Professional bloviator Bill O'Reilly isn't being treated very kindly by the critics and academics passing judgment on his latest book, Killing Patton: The Strange Death of World War II's Most Audacious General, a speculative historical mashup based on the dubious theory that the legendary military leader was terminated by Soviet assassins. But wait, there's more: Richard Cohen of The Washington Post and  Lawrence O'Donnell of MSNBC have taken their own jabs at O'Reilly's presumptive best-seller, insisting the author should have should have included info about Patton's alleged anti-Semitism.

But here's what I want to know: Why aren't more pundits noting the similarity between O'Reilly's paranoid scenario and the plot of Brass Target, a deservedly obscure 1978 thriller that also claimed Patton's death was anything but accidental? Could it be that few people actually remember this cheesy movie? Or, more likely, that anyone who actually saw it back in the day has tried very hard ever since to forget it?

As I wrote in 1977:

This lethargic copy of Day of the Jackal spins a fantastic yarn about a plot by corrupt US Army officers to kill Gen. George S. Patton shortly after World War II. The plotters are worried that Patton, played with unconvincing swagger by George Kennedy, will uncover their duplicity in a $250-million gold theft that left over two dozen American soldiers dead. The poor soldiers were knocked out by gas, a fate akin to that which may befall anyone trying to stay awake during this plodding claptrap. 

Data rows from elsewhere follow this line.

//! What the queue held all the while a take found nothing.

use crate::calls::Calls;
use crate::items::{Item, Reaches, Span};
use crate::matching::{OpenTakes, puts_of, since};
use crate::ranks::{count_below, count_up_to, keys};
use findings::{Lack, Piece, Witness};
use std::alloc::{AllocError, Global};

/// The missing items that are in by a place, by their releases.
fn missing_in(
    alloc: Global,
    items: &[Item],
    place: usize,
) -> Result<Vec<(usize, usize)>, AllocError> {
    let mut missing = Vec::new(alloc);
    for (number, item) in items.iter().enumerate() {
        if !item.is_known && item.put.end <= place {
            missing.push((item.release, number))?;
        }
    }
    missing.sort()?;
    Ok(missing)
}

/// How many of the missing items are in since a place, by their releases.
fn count_since(releases: &[usize], since: Option<usize>) -> usize {
    match since {
        Some(place) => releases.len().saturating_sub(count_up_to(releases, place)),
        None => releases.len(),
    }
}

/// How many takes begun by a place can have taken one since another.
fn takes_since(takes: &OpenTakes, since: Option<usize>, place: usize) -> usize {
    count_up_to(&takes.begins, place).saturating_sub(takes.over_by(since))
}

/// Whether more items are in, at a place, than takes can have taken since another.
fn is_short(releases: &[usize], takes: &OpenTakes, since: Option<usize>, place: usize) -> bool {
    count_since(releases, since) > takes_since(takes, since, place)
}

/// The place since which there are too few takes: none, or a crash.
fn short_since(
    releases: &[usize],
    takes: &OpenTakes,
    crashes: &[usize],
    place: usize,
) -> Option<Option<usize>> {
    if is_short(releases, takes, None, place) {
        return Some(None);
    }
    for crash in crashes {
        if *crash <= place && is_short(releases, takes, Some(*crash), place) {
            return Some(Some(*crash));
        }
    }
    None
}

/// The first of the missing items that are in since a place, as many as it takes, by the puts.
fn chosen(
    alloc: Global,
    missing: &[(usize, usize)],
    since: Option<usize>,
    count: usize,
) -> Result<Vec<usize>, AllocError> {
    let mut numbers = Vec::new(alloc);
    for pair in missing {
        if since.map_or(true, |place| pair.0 > place) {
            numbers.push(pair.1)?;
        }
    }
    numbers.sort()?;
    numbers.truncate(count);
    Ok(numbers)
}

/// A piece that missing values hold, from a place on.
fn missing_piece(
    alloc: Global,
    items: &[Item],
    takes: &OpenTakes,
    crashes: &[usize],
    span: Span,
) -> Result<Option<Piece>, AllocError> {
    let missing = missing_in(alloc, items, span.begin)?;
    let releases = keys(alloc, &missing)?;
    let Some(place) = short_since(&releases, takes, crashes, span.begin) else {
        return Ok(None);
    };
    let over = takes.over_by(place);
    let begun = count_below(&takes.begins, span.end).saturating_sub(over);
    let numbers = chosen(alloc, &missing, place, begun.saturating_add(1))?;
    let next = over.saturating_add(numbers.len()).saturating_sub(1);
    let to = match takes.begins.get(next) {
        Some(begin) => (*begin).min(span.end),
        None => span.end,
    };
    let lack = Lack::Few {
        puts: puts_of(alloc, items, &numbers)?,
        takes: takes.between(alloc, place, to)?,
        since: since(items, &numbers, place),
    };
    Ok(Some(Piece {
        from: span.begin,
        to,
        lack,
    }))
}

/// A piece that a known value holds, from a place on.
fn known_piece(items: &[Item], reaches: &Reaches, span: Span) -> Option<Piece> {
    let item = items.get(reaches.furthest_by(span.begin))?;
    let until = item.take?.begin.max(item.put.begin);
    if until <= span.begin {
        return None;
    }
    let ahead = item.ahead();
    Some(Piece {
        from: span.begin,
        to: until.min(span.end),
        lack: Lack::Late {
            put: ahead.put,
            take: ahead.take,
        },
    })
}

/// The witness of a take that found nothing while the queue held something.
pub(crate) fn held(
    alloc: Global,
    calls: &Calls,
    items: &[Item],
    takes: &OpenTakes,
    reaches: &Reaches,
    empty: Span,
) -> Result<Option<Witness>, AllocError> {
    let mut pieces = Vec::new(alloc);
    let mut from = empty.begin;
    for _ in 0..calls.places {
        if from >= empty.end {
            break;
        }
        let span = Span {
            begin: from,
            end: empty.end,
        };
        let piece = match known_piece(items, reaches, span) {
            Some(piece) => Some(piece),
            None => missing_piece(alloc, items, takes, &calls.crashes, span)?,
        };
        let Some(piece) = piece else {
            return Ok(None);
        };
        if piece.to <= from {
            return Ok(None);
        }
        from = piece.to;
        pieces.push(piece)?;
    }
    Ok(Some(Witness::NotEmpty {
        take: empty.begin,
        end: empty.end,
        pieces,
    }))
}
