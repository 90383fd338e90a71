//! Open takes for the missing values that have to be out by some place.

use crate::calls::{Known, KnownCall, NEVER};
use crate::items::{Item, Span};
use crate::ranks::{at, copies, count_below, count_up_to, set};
use findings::{Ahead, Lack, Since, Witness};
use std::alloc::{AllocError, Global};
use std::collections::BinaryHeap;
use words::Call;

/// The open takes, in the order in which they begin, which is that in which they end.
#[derive(Drop)]
pub(crate) struct OpenTakes {
    pub begins: Vec<usize>,
    pub ends: Vec<usize>,
}

impl OpenTakes {
    pub(crate) fn span(&self, number: usize) -> Span {
        Span {
            begin: at(&self.begins, number),
            end: at(&self.ends, number),
        }
    }

    /// How many were over by a place.
    pub(crate) fn over_by(&self, since: Option<usize>) -> usize {
        match since {
            Some(place) => count_up_to(&self.ends, place),
            None => 0,
        }
    }

    /// Those that began before a place and were not over by another one.
    pub(crate) fn between(
        &self,
        alloc: Global,
        since: Option<usize>,
        bound: usize,
    ) -> Result<Vec<usize>, AllocError> {
        let mut takes = Vec::new(alloc);
        for number in self.over_by(since)..count_below(&self.begins, bound) {
            takes.push(at(&self.begins, number))?;
        }
        Ok(takes)
    }
}

pub(crate) fn open_takes(alloc: Global, calls: &[KnownCall]) -> Result<OpenTakes, AllocError> {
    let mut begins = Vec::new(alloc);
    let mut ends = Vec::new(alloc);
    for call in calls {
        if call.call == Call::Deq && call.known == Known::Open {
            begins.push(call.begin)?;
            ends.push(call.end)?;
        }
    }
    Ok(OpenTakes { begins, ends })
}

/// Missing items that need a take: each may have one of a range of the open takes.
#[derive(Clone, Copy)]
struct Need {
    item: usize,
    low: usize,
    high: usize,
}

/// What came of the matching.
#[derive(Drop)]
pub(crate) enum Matched {
    /// Each missing item that needs a take has one.
    All,
    /// These items need more takes than there are, those before this one not counted.
    Short { items: Vec<usize>, first: usize },
}

/// The ranges of the missing items that have a limit, in the order in which they begin.
fn needs(
    alloc: Global,
    items: &[Item],
    takes: &OpenTakes,
) -> Result<Vec<(usize, usize, usize)>, AllocError> {
    let mut needs = Vec::new(alloc);
    for (number, item) in items.iter().enumerate() {
        if item.take.is_none() && item.limit != NEVER {
            let low = count_up_to(&takes.ends, item.release);
            let high = count_below(&takes.begins, item.limit);
            needs.push((low, number, high))?;
        }
    }
    needs.sort()?;
    Ok(needs)
}

/// The items that have the takes of a range which is too short, and where it begins.
fn short(
    alloc: Global,
    needs: &[(usize, usize, usize)],
    owners: &[usize],
    lone: Need,
) -> Result<Matched, AllocError> {
    let mut first = lone.low;
    let mut items = Vec::new(alloc);
    items.push(lone.item)?;
    for number in (0..lone.high.min(owners.len())).rev() {
        if number < first {
            break;
        }
        let Some(need) = needs.get(at(owners, number)) else {
            break;
        };
        first = first.min(need.0);
        items.push(need.1)?;
    }
    items.sort()?;
    Ok(Matched::Short {
        items,
        first: first.min(lone.high),
    })
}

/// Gives the takes to the items, of those that can have one to that whose range ends first.
pub(crate) fn match_up(
    alloc: Global,
    items: &mut Vec<Item>,
    takes: &OpenTakes,
) -> Result<Matched, AllocError> {
    let needs = needs(alloc, items.as_slice(), takes)?;
    let count = takes.begins.len();
    let mut owners = copies(alloc, NEVER, count)?;
    let mut waiting: BinaryHeap<(usize, usize)> = BinaryHeap::new(alloc);
    let mut next = 0usize;
    for number in 0..count.saturating_add(1) {
        for coming in next..needs.len() {
            let need = needs[coming];
            if need.0 > number && number < count {
                break;
            }
            next = coming.wrapping_add(1);
            waiting.push((usize::MAX - need.2, usize::MAX - coming))?;
        }
        let Some(first) = waiting.pop() else {
            continue;
        };
        let owner = usize::MAX - first.1;
        let high = usize::MAX - first.0;
        let need = needs.get(owner).copied().unwrap_or((0, 0, 0));
        if high <= number {
            let lone = Need {
                item: need.1,
                low: need.0,
                high,
            };
            return short(alloc, &needs, &owners, lone);
        }
        set(&mut owners, number, owner);
        if let Some(item) = items.get_mut(need.1) {
            item.take = Some(takes.span(number));
        }
    }
    Ok(Matched::All)
}

/// Takes the takes away again that were given.
pub(crate) fn unmatch(items: &mut Vec<Item>) {
    for item in items.iter_mut() {
        if !item.is_known {
            item.take = None;
        }
    }
}

/// The place since which the values of these items were in the queue, or not yet in it.
pub(crate) fn since(items: &[Item], numbers: &[usize], place: Option<usize>) -> Option<Since> {
    let place = place?;
    let first = items.get(at(numbers, 0))?;
    let ahead: Option<Ahead> = if place < first.put.begin {
        None
    } else {
        items.get(first.releaser).map(|ahead| ahead.ahead())
    };
    Some(Since { place, ahead })
}

/// Where the puts of these items began.
pub(crate) fn puts_of(
    alloc: Global,
    items: &[Item],
    numbers: &[usize],
) -> Result<Vec<usize>, AllocError> {
    let mut puts = Vec::with_capacity(alloc, numbers.len())?;
    for number in numbers {
        if let Some(item) = items.get(*number) {
            puts.push(item.put.begin)?;
        }
    }
    Ok(puts)
}

/// Of these items the one that is in last.
fn last_in(items: &[Item], numbers: &[usize]) -> Option<Item> {
    let mut last: Option<Item> = None;
    for number in numbers {
        let item = items.get(*number).copied()?;
        last = match last {
            Some(other) if other.in_by() >= item.in_by() => Some(other),
            _ => Some(item),
        };
    }
    last
}

/// The witness of items that need more takes than there are.
pub(crate) fn short_witness(
    alloc: Global,
    items: &[Item],
    takes: &OpenTakes,
    short: &[usize],
    first: usize,
) -> Result<Option<Witness>, AllocError> {
    let place = if first == 0 {
        None
    } else {
        Some(at(&takes.ends, first.wrapping_sub(1)))
    };
    let Some(last) = last_in(items, short) else {
        return Ok(None);
    };
    let Some(limiter) = items.get(last.limiter).copied() else {
        return Ok(None);
    };
    let ahead = limiter.ahead();
    let lack = Lack::Few {
        puts: puts_of(alloc, items, short)?,
        takes: takes.between(alloc, place, limiter.out_by())?,
        since: since(items, short, place),
    };
    Ok(Some(Witness::PassedOver {
        take: ahead.take,
        put: ahead.put,
        bound: limiter.out_by(),
        lack,
    }))
}
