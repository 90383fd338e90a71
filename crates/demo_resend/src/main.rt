//! A client that is in doubt: its call was cut off by a crash, and it sends the number again. It is played twice, with
//! a crash after the call took effect and with one before.
#![tactic(auto)]

mod orders;

use crate::orders::{begin, open, restart, send, show};
use anyhow::Result;
use session::Session;
use words::{Call, Item};

/// Number 1 puts a text in. Number 2 is to take it out, and after so many steps of that everything stops. The client does
/// not know what became of it, and sends it again.
fn tell(rt: &HostRuntime, session: &mut Session, steps: u32) -> Result<()> {
    send(rt, session, 1, Call::Enq(Item::make(b"hello")?))?;
    begin(rt, session, 2, Call::Deq, steps)?;
    restart(rt, session)?;
    send(rt, session, 2, Call::Deq)?;
    send(rt, session, 2, Call::Deq)?;
    send(rt, session, 3, Call::Deq)?;
    send(rt, session, 2, Call::Deq)?;
    show(rt, session)
}

/// The story on a new broker.
fn play(rt: &HostRuntime, steps: u32) -> Result<()> {
    let mut session = open(rt.alloc())?;
    tell(rt, &mut session, steps)
}

fn main(rt: HostRuntime) -> Result<()> {
    println!(rt; "A crash when number 2 has taken effect, but is not answered")?;
    play(&rt, 23)?;
    println!(rt; "\nA crash when it has only been announced")?;
    play(&rt, 12)
}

Brass Target is slick, to be sure, but it’s also so lifelessly directed by John Hough (Dirty Mary, Crazy Larry), and so unimaginatively scripted by Alvin Boretz, that it lacks even the giddy excitement of an outrageously bad movie... This is the sort of routinely acted TV-movie-style tripe in which two villains are depicted as gay merely to provide them with some kind of distinguishing characteristics. A woman (Sophia Loren) appears in a few scenes only to provide a feminine name in the credits. And the assassin (Max Von Sydow, more or less reprising his Three Days of the Condor character) makes a lot of smug comments to the hero (John Cassavetes) about how silly morality is. Patrick McGoohan hams it up briefly as a colorful cynic, but his character winds up dead all too soon. 


At the end, Cassavetes pieces together the assassination plot, finds the murder weapon – a gun used to break Patton’s back with a rubber bullet – and polishes off the bad guys. Then the movie just ends. The closing credits reveal that Patton’s death was officially listed as the result of a car accident, and the $250 million in gold was never recovered. My guess is, Cassavetes decided to keep the gold and Sophia Loren, and never mind about who killed Patton. That sounds cynical, I admit, but it makes about as much sense as anything else in Brass Target.


Looking back, I think it's fair to say Brass Target can be at least partially justified as one of the easy-paycheck projects that allowed John Cassavetes the wherewithal to make his own indie movies. I'll leave it to others to come up with a similar justification for Killing Patton.